BACKGROUND/ OBJECTIVES: Given the lack of effective pharmacologic strategies to prevent, slow, or reverse dementia progression, maximizing quality of life (QOL) is a major priority for persons living with dementia. Despite well-documented racial/ethnic disparities in dementia incidence and prevalence, it is unknown whether there are racial/ethnic disparities in QOL among persons with dementia. The objective of this study was to determine if there are racial/ethnic differences in poor health-related quality of life (HRQOL) among persons with and without dementia in a nationally-representative cohort. DESIGN: Repeated measures cross-sectional analysis of a prospective cohort study. SETTING: United States nationally-representative National Health and Aging Trends Study (2011-2018).

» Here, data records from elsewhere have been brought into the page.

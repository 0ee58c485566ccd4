//! Places that are written alike: a name, what a name points to, or an element of an array by its number. C89, 3.3.2.1 and 3.3.3.2.

ghost use Rattle.std.specs.Prelude.{◌≡◌, option_copied};
ghost use Rattle.named_items.specs.SamePlaces as spec;

use c_tree::expression::{CExpr, UnaryOp};

/// The name that an expression is.
#[tactic(auto, using(named_items::proofs::Forms::place_forms))]
fn name_in(e: &CExpr) -> Option<&[u8]>
    ensures { option_copied result ≡ spec.name_in e.now }
{
    match e {
        CExpr::Name(name) => Some(name.as_slice()),
        _ => None,
    }
}

/// The number that an expression is.
#[tactic(auto, using(named_items::proofs::Forms::place_forms))]
pub(crate) fn number_in(e: &CExpr) -> Option<i32>
    ensures { result ≡ spec.number_in e.now }
{
    match e {
        CExpr::Number(number) => Some(*number),
        _ => None,
    }
}

/// The name behind an operator that reads through a pointer.
#[tactic(auto, unfolding(named_items::specs::SamePlaces::pointed_in))]
fn pointed_in(operator: UnaryOp, e: &CExpr) -> Option<&[u8]>
    ensures { option_copied result ≡ spec.pointed_in operator e.now }
{
    match operator {
        UnaryOp::Deref => name_in(e),
        UnaryOp::Minus | UnaryOp::Not | UnaryOp::Address => None,
    }
}

/// The name of the pointer through which an expression reads.
#[tactic(auto, using(named_items::proofs::Forms::place_forms))]
fn pointer_in(e: &CExpr) -> Option<&[u8]>
    ensures { option_copied result ≡ spec.pointer_in e.now }
{
    match e {
        CExpr::Unary(operator, e) => pointed_in(*operator, e.get()),
        _ => None,
    }
}

/// The name of the array of which an expression is an element.
#[tactic(auto, using(named_items::proofs::Forms::place_forms))]
fn array_in(e: &CExpr) -> Option<&[u8]>
    ensures { option_copied result ≡ spec.array_in e.now }
{
    match e {
        CExpr::Index(array, _) => name_in(array.get()),
        _ => None,
    }
}

/// The number of the element that an expression is.
#[tactic(auto, using(named_items::proofs::Forms::place_forms))]
fn element_in(e: &CExpr) -> Option<i32>
    ensures { result ≡ spec.element_in e.now }
{
    match e {
        CExpr::Index(_, number) => number_in(number.get()),
        _ => None,
    }
}

/// Whether two names are there and are the same.
#[tactic(auto, unfolding(named_items::specs::SamePlaces::same_names))]
fn same_names(one: Option<&[u8]>, other: Option<&[u8]>) -> bool
    ensures { result ≡ spec.same_names (option_copied one.entry) (option_copied other.entry) }
{
    match (one, other) {
        (Some(one), Some(other)) => one == other,
        _ => false,
    }
}

/// Whether two numbers are there and are the same.
#[tactic(auto, unfolding(named_items::specs::SamePlaces::same_numbers))]
fn same_numbers(one: Option<i32>, other: Option<i32>) -> bool
    ensures { result ≡ spec.same_numbers one other }
{
    match (one, other) {
        (Some(one), Some(other)) => one == other,
        _ => false,
    }
}

/// Whether two expressions are elements of one array with one number.
#[tactic(auto, unfolding(named_items::specs::SamePlaces::same_elements))]
fn same_elements(one: &CExpr, other: &CExpr) -> bool
    ensures { result ≡ spec.same_elements one.now other.now }
{
    same_names(array_in(one), array_in(other)) && same_numbers(element_in(one), element_in(other))
}

/// Whether two expressions are places that are written alike.
#[tactic(auto, unfolding(named_items::specs::SamePlaces::same_expr))]
pub(crate) fn are_alike(one: &CExpr, other: &CExpr) -> bool
    ensures { result ≡ spec.same_expr one.now other.now }
{
    same_names(name_in(one), name_in(other))
        || same_names(pointer_in(one), pointer_in(other))
        || same_elements(one, other)
}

PARTICIPANTS: Non-nursing home-dwelling Black, Latino, and white adults age 65+ (n = 10,886). MEASUREMENTS: We estimated racial/ethnic differences in five dichotomous indicators of poor HRQOL (depressive and anxiety symptoms, self-rated health, pain, and physical functional limitations), stratified by dementia status (probable, possible, none). We used generalized estimating equations to estimate prevalence ratios (PRs) and differences, and marginal standardization to estimate prevalence. RESULTS: Generally, Blacks and Latinos reported higher prevalence of poor HRQOL compared with whites. The largest differences were observed for self-rated health, and Latino-white differences were slightly larger compared to Black-white differences. PRs were larger among those with no dementia. For example, the Black versus white PRs for poor self-rated health were 1.93 (95% confidence interval (CI) = 1.82-2.04) among the no dementia group and 1.21 (95% CI = 1.12-1.31) among the probable dementia group; Latino versus white PRs for these comparisons were 2.39 (2.21-2.59) and 1.48 (1.35-1.62), respectively. Prevalence differences also showed racial/ethnic differences, but these were similar across dementia statuses. CONCLUSIONS: We observed racial/ethnic disparities in poor HRQOL, showing greater unmet clinical needs among Black and Latino versus white older adults. Relative disparities were smaller in those with dementia, but absolute magnitudes of disparities were similar by dementia status.